Gelet op de overeenkomst in de regelgeving op dit punt, kan ook de jurisprudentie uit het civiele arbeidsrecht inzicht geven in de vraag wanneer sprake is van benadeling.
Weigering de werktijd van een parttime medewerker, die vanwege haar OR-werkzaamheden te weinig tijd over heeft om de werkzaamheden te verrichten die haar voorkeur hebben, uit te breiden, leidt niet tot de conclusie van benadeling. De parttime medewerker is niet in haar positie benadeeld (Hoge Raad 31 maart 2000, LJN: AA5319).
In een andere civiele zaak werd wèl benadeling aangenomen. De OR-leden werd niet op juiste wijze een vergoeding toegekend voor de gemaakte kosten voor het reizen naar OR-activiteiten. Onthouding van een vergoeding voor woon-werkverkeer voor OR-leden, waarbij een verschil optreedt met collega medewerkers die geen OR-lid zijn, levert benadeling op als bedoeld in artikel 21 van de WOR (Rechtbank Amsterdam, 31 augustus 1994, JAR 1994/195).
Conclusie en tips
De bescherming van artikel 21 van de WOR tegen benadeling van OR-leden gaat niet zo ver, dat tegen OR-leden geen rechtspositionele maatregelen kunnen worden getroffen. Van benadeling is pas sprake, als een OR-lid uit hoofde van zijn lidmaatschap van de ondernemingsraad wordt benadeeld in zijn positie bij de organisatie. In de jurisprudentie is terughoudendheid te bespeuren, benadeling wordt niet snel aangenomen. De gegeven bescherming zorgt dan ook niet voor een betekenisvolle beperking op het nemen van rechtspositionele maatregelen tegen OR-leden.
Om benadeling te voorkomen is het van belang dat over de positie van onder meer OR-leden en over de rechten en plichten van de voorzitter en leden van de ondernemingsraad concrete afspraken worden gemaakt tussen de bestuurder en de ondernemingsraad.

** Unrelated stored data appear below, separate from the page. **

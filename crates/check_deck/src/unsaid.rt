//! The marks that don't say inside which other one they stand.

ghost use Rattle.std.specs.Prelude.{◌≡◌, ◌++◌, ◌↔◌, ◌<◌, ◌≤◌, ℕ, List, IsTrue, IfOk, OnOk, map};
ghost use Rattle.std.specs.Prelude.{length};
ghost use Rattle.std.specs.List.{range_with_len};
ghost use Rattle.read_decks.specs.InDeck.{loads_in, start_in};
ghost use Rattle.base_notes.specs.EdgeOf.{edge_of};
ghost use Rattle.flow_graph.specs.Executed.{AreAllNodes};
ghost use Rattle.flow_graph.specs.Flow.{nodes_of, of_flow};
ghost use Rattle.check_findings.specs.FindingOf.{seen};
ghost use Rattle.check_findings.specs.Edges.{marked_edges, marks_of};
ghost use Rattle.check_deck.specs.Findings.{edge_at, edges_at, inside_at, pairs_of};
ghost use Rattle.check_deck.specs.Findings.{IsUnsaid};
ghost use Rattle.check_deck.specs.Those.{AreThose};
ghost use Rattle.check_deck.specs.FindingsOf.{IsInsideIn};
ghost use Rattle.check_deck.specs.KnownInside.{AreKnown};
ghost use Rattle.check_deck.specs.Insides.{HasSeveralWays, IsRound};

use crate::loops::MOST_EDGES;
use crate::nested::is_mark_round;
use crate::nesting::Nesting;
use crate::several::has_several_ways;
use base_notes::{Edge, Edges};
use check_findings::{Finding, marked_edges, marks_of};
use flow_graph::Flow;
use machine_steps::is_inside;
use std::alloc::{AllocError, Global};

/// The first edge of the mark with this index.
fn marked_edge(flow: &Flow<'_>, place: usize) -> Edge
    requires { place < length flow.now.notes.now.marks }
    ensures { edge_of result ≡ edge_at flow.now.notes.now.marks place }
{
    flow.notes().marks()[place].first()
}

/// Whether the loop of the mark with one index stands inside that of the mark with another, and the
/// notes don't say so. These are the notes' marks, and the one doesn't stand inside several ways
/// back of one loop.
fn is_unsaid(
    alloc: Global,
    nesting: &Nesting<'_>,
    marks: &[Edges],
    inner: usize,
    outer: usize,
) -> Result<bool, AllocError>
    requires known { AreKnown nesting.now }
    requires marks { marks.now ≡ marks_of nesting.now.flow.now.notes.now }
    requires inner { inner < length marks.now }
    requires outer { outer < length marks.now }
    requires few { length (marked_edges nesting.now.flow.now.notes.now) ≤ 64 }
    requires one_way { ¬ HasSeveralWays (IsRound (IsInsideIn nesting.now.flow.now)
        (edges_at nesting.now.flow.now.notes.now.marks inner)) marks.now }
    ensures { let flow = nesting.now.flow.now in IfOk result (λ unsaid. IsTrue unsaid
        ↔ IsUnsaid (loads_in flow.deck.now) flow.notes.now (start_in flow.deck.now)
        (nodes_of flow) (inner, outer)) }
{
    if inner == outer {
        return Ok(false);
    }
    if is_inside(nesting.flow.notes().marks(), inner, outer) {
        return Ok(false);
    }
    is_mark_round(alloc, nesting, marks[outer].all(), marks[inner].all())
}

/// Adds those marks inside which the one with this index stands, and doesn't say so, where it
/// doesn't stand inside several ways back of one loop. These are the notes' marks.
fn add_unsaid_one_way(
    found: &mut Vec<Finding>,
    alloc: Global,
    nesting: &Nesting<'_>,
    marks: &[Edges],
    inner: usize,
) -> Result<(), AllocError>
    requires known { AreKnown nesting.now }
    requires marks { marks.now ≡ marks_of nesting.now.flow.now.notes.now }
    requires inner { inner < length marks.now }
    requires few { length (marked_edges nesting.now.flow.now.notes.now) ≤ 64 }
    requires one_way { ¬ HasSeveralWays (IsRound (IsInsideIn nesting.now.flow.now)
        (edges_at nesting.now.flow.now.notes.now.marks inner)) marks.now }
    ensures { let flow = nesting.now.flow.now in OnOk result ((outers : List (ℕ × ℕ))
        × AreThose (IsUnsaid (loads_in flow.deck.now) flow.notes.now (start_in flow.deck.now)
        (nodes_of flow))
        (map (λ outer. (inner, outer)) (range_with_len 0 (length flow.notes.now.marks))) outers
        × (map seen found.new.items ≡ map seen found.old.items
        ++ map (inside_at flow.notes.now.marks) outers)) }
{
    for outer in 0..marks.len() {
        if !is_unsaid(alloc, nesting, marks, inner, outer)? {
            continue;
        }
        found.push(Finding::Inside {
            inner: marked_edge(nesting.flow, inner),
            outer: marked_edge(nesting.flow, outer),
        })?;
    }
    Ok(())
}

/// Adds those marks inside which the one with this index stands, and doesn't say so; none where it
/// stands inside several ways back of one loop. These are the notes' marks.
fn add_unsaid_of(
    found: &mut Vec<Finding>,
    alloc: Global,
    nesting: &Nesting<'_>,
    marks: &[Edges],
    inner: usize,
) -> Result<(), AllocError>
    requires known { AreKnown nesting.now }
    requires marks { marks.now ≡ marks_of nesting.now.flow.now.notes.now }
    requires inner { inner < length marks.now }
    requires few { length (marked_edges nesting.now.flow.now.notes.now) ≤ 64 }
    ensures { let flow = nesting.now.flow.now in OnOk result ((outers : List (ℕ × ℕ))
        × AreThose (IsUnsaid (loads_in flow.deck.now) flow.notes.now (start_in flow.deck.now)
        (nodes_of flow))
        (map (λ outer. (inner, outer)) (range_with_len 0 (length flow.notes.now.marks))) outers
        × (map seen found.new.items ≡ map seen found.old.items
        ++ map (inside_at flow.notes.now.marks) outers)) }
{
    if has_several_ways(alloc, nesting, marks, marks[inner].all())? {
        return Ok(());
    }
    add_unsaid_one_way(found, alloc, nesting, marks, inner)
}

/// The pairs of these marks of which the one stands inside the other, and doesn't say so. They are
/// the notes' marks.
fn unsaid_of(
    alloc: Global,
    nesting: &Nesting<'_>,
    marks: &[Edges],
) -> Result<Vec<Finding>, AllocError>
    requires known { AreKnown nesting.now }
    requires marks { marks.now ≡ marks_of nesting.now.flow.now.notes.now }
    requires few { length (marked_edges nesting.now.flow.now.notes.now) ≤ 64 }
    ensures { let flow = nesting.now.flow.now in IfOk result (λ found. (pairs : List (ℕ × ℕ))
        × AreThose (IsUnsaid (loads_in flow.deck.now) flow.notes.now (start_in flow.deck.now)
        (nodes_of flow)) (pairs_of flow.notes.now.marks) pairs
        × (map seen found.items ≡ map (inside_at flow.notes.now.marks) pairs)) }
{
    let mut found = Vec::new(alloc);
    for inner in 0..marks.len() {
        add_unsaid_of(&mut found, alloc, nesting, marks, inner)?;
    }
    Ok(found)
}

/// The pairs of marks of which the one stands inside the other, and doesn't say so: by the index of
/// the one, and then of the other; none where the marks have more than [`MOST_EDGES`].
pub fn unsaid_marks(alloc: Global, flow: &Flow<'_>) -> Result<Vec<Finding>, AllocError>
    requires { of_flow AreAllNodes flow.now (nodes_of flow.now) }
    ensures { IfOk result (λ found. (pairs : List (ℕ × ℕ))
        × AreThose (IsUnsaid (loads_in flow.now.deck.now) flow.now.notes.now
        (start_in flow.now.deck.now) (nodes_of flow.now)) (pairs_of flow.now.notes.now.marks)
        pairs
        × (map seen found.items ≡ map (inside_at flow.now.notes.now.marks) pairs)) }
{
    let marked = marked_edges(alloc, flow)?;
    if marked.len() > MOST_EDGES {
        return Ok(Vec::new(alloc));
    }
    let nesting = Nesting::of(alloc, flow, &marked, &marked)?;
    let marks = marks_of(alloc, flow)?;
    unsaid_of(alloc, &nesting, &marks)
}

Deze afspraken kunnen in een convenant worden vastgelegd.
Daarnaast is het verstandig als de werkgever voordat tot een rechtpositionele maatregel wordt overgegaan de volgende vragen beantwoordt:
- Maakt de maatregel het voor de medewerker onmogelijk om zijn werkzaamheden voor de ondernemingsraad (nu dan wel in de toekomst) op verantwoorde wijze te verrichten?
- Heeft de maatregel voornamelijk tot doel de medewerker te schaden vanwege zijn werkzaamheden voor de ondernemingsraad?
Als beide vragen ontkennend kunnen worden beantwoord, zal niet snel sprake zijn van benadeling in de zin van artikel 21 van de WOR. Een beroep van een OR-lid op benadeling heeft dan weinig kans van slagen.